From the data below, return all lines holding the string "Holds".

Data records
=== Section Start ===

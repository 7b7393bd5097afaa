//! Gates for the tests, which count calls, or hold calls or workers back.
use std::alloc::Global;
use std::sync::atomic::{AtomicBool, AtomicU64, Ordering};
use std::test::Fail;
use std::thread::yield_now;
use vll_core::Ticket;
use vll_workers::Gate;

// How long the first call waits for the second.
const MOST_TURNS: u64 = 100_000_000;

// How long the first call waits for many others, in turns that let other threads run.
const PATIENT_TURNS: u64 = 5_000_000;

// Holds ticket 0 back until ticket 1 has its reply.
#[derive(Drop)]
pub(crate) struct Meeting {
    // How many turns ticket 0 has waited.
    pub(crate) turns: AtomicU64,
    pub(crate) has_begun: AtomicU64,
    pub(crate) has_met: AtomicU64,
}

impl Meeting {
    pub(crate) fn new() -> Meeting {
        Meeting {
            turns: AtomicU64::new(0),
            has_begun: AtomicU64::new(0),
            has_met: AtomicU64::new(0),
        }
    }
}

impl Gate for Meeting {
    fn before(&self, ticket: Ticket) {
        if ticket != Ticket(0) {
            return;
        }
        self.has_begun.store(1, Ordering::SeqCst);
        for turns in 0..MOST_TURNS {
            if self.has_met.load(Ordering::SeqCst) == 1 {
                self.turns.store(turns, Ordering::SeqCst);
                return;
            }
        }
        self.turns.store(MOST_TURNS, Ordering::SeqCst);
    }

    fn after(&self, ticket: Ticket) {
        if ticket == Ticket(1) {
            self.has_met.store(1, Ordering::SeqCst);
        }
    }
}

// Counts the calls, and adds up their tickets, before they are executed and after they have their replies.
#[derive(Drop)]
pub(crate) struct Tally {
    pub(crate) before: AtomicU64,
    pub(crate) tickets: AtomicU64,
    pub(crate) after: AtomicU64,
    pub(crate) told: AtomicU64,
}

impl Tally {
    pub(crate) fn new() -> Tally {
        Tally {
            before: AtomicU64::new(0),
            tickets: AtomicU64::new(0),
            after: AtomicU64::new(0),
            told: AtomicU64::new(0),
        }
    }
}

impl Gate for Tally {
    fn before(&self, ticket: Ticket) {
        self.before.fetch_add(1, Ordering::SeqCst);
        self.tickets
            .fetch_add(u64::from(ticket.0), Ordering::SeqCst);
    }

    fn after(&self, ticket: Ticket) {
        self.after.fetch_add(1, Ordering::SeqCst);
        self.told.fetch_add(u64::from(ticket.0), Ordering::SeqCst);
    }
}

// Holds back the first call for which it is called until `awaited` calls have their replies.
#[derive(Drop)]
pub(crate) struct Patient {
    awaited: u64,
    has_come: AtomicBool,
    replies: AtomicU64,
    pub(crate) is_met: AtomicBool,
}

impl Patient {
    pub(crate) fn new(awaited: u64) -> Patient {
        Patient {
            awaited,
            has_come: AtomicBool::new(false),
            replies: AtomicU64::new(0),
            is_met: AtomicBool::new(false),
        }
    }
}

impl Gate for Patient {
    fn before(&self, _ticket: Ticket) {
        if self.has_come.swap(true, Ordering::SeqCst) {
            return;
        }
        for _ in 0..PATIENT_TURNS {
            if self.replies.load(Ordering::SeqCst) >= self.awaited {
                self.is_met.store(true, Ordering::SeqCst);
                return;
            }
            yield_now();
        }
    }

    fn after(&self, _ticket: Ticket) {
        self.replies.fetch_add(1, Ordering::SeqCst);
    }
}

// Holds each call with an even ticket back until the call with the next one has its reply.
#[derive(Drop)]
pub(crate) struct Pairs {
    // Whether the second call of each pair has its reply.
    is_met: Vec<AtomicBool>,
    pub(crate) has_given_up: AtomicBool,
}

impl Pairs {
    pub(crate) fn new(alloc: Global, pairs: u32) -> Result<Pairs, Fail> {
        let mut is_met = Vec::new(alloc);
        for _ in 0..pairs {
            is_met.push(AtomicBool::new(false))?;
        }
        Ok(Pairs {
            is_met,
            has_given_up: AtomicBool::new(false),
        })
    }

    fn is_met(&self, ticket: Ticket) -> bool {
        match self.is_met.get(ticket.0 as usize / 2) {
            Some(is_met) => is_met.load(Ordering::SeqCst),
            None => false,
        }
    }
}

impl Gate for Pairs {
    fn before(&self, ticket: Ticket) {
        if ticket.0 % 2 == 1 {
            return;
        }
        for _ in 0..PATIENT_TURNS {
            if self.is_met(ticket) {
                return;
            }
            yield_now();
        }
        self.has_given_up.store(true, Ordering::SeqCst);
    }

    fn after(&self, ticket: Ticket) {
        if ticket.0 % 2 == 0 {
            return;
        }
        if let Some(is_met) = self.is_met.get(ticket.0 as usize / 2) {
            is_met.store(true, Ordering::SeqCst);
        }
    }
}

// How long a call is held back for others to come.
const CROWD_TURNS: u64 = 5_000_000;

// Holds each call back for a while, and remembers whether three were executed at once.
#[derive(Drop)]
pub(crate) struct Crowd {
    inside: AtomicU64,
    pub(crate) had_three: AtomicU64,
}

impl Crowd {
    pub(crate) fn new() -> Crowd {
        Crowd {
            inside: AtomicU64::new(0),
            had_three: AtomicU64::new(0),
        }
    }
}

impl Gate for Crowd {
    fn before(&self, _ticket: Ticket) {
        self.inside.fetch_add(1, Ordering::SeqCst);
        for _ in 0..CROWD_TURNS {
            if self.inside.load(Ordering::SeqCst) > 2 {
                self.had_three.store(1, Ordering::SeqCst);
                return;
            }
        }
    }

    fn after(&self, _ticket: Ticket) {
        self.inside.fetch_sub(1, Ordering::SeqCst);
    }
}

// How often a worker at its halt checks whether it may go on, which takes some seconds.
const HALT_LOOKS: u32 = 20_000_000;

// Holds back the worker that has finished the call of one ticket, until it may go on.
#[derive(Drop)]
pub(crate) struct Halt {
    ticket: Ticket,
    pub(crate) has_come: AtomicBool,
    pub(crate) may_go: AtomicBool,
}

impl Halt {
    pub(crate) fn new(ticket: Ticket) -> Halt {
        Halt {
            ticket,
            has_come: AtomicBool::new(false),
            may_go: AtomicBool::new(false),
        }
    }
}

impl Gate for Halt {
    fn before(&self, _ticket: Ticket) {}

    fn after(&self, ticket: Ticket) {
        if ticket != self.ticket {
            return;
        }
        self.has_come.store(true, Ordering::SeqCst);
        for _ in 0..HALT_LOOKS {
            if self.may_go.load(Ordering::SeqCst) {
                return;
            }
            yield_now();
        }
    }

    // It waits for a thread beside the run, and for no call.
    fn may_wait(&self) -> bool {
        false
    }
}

=== Section End ===

(RESULT OF THE TASK)
// Holds ticket 0 back until ticket 1 has its reply.
// Holds back the first call for which it is called until `awaited` calls have their replies.
// Holds each call with an even ticket back until the call with the next one has its reply.
// Holds each call back for a while, and remembers whether three were executed at once.
// Holds back the worker that has finished the call of one ticket, until it may go on.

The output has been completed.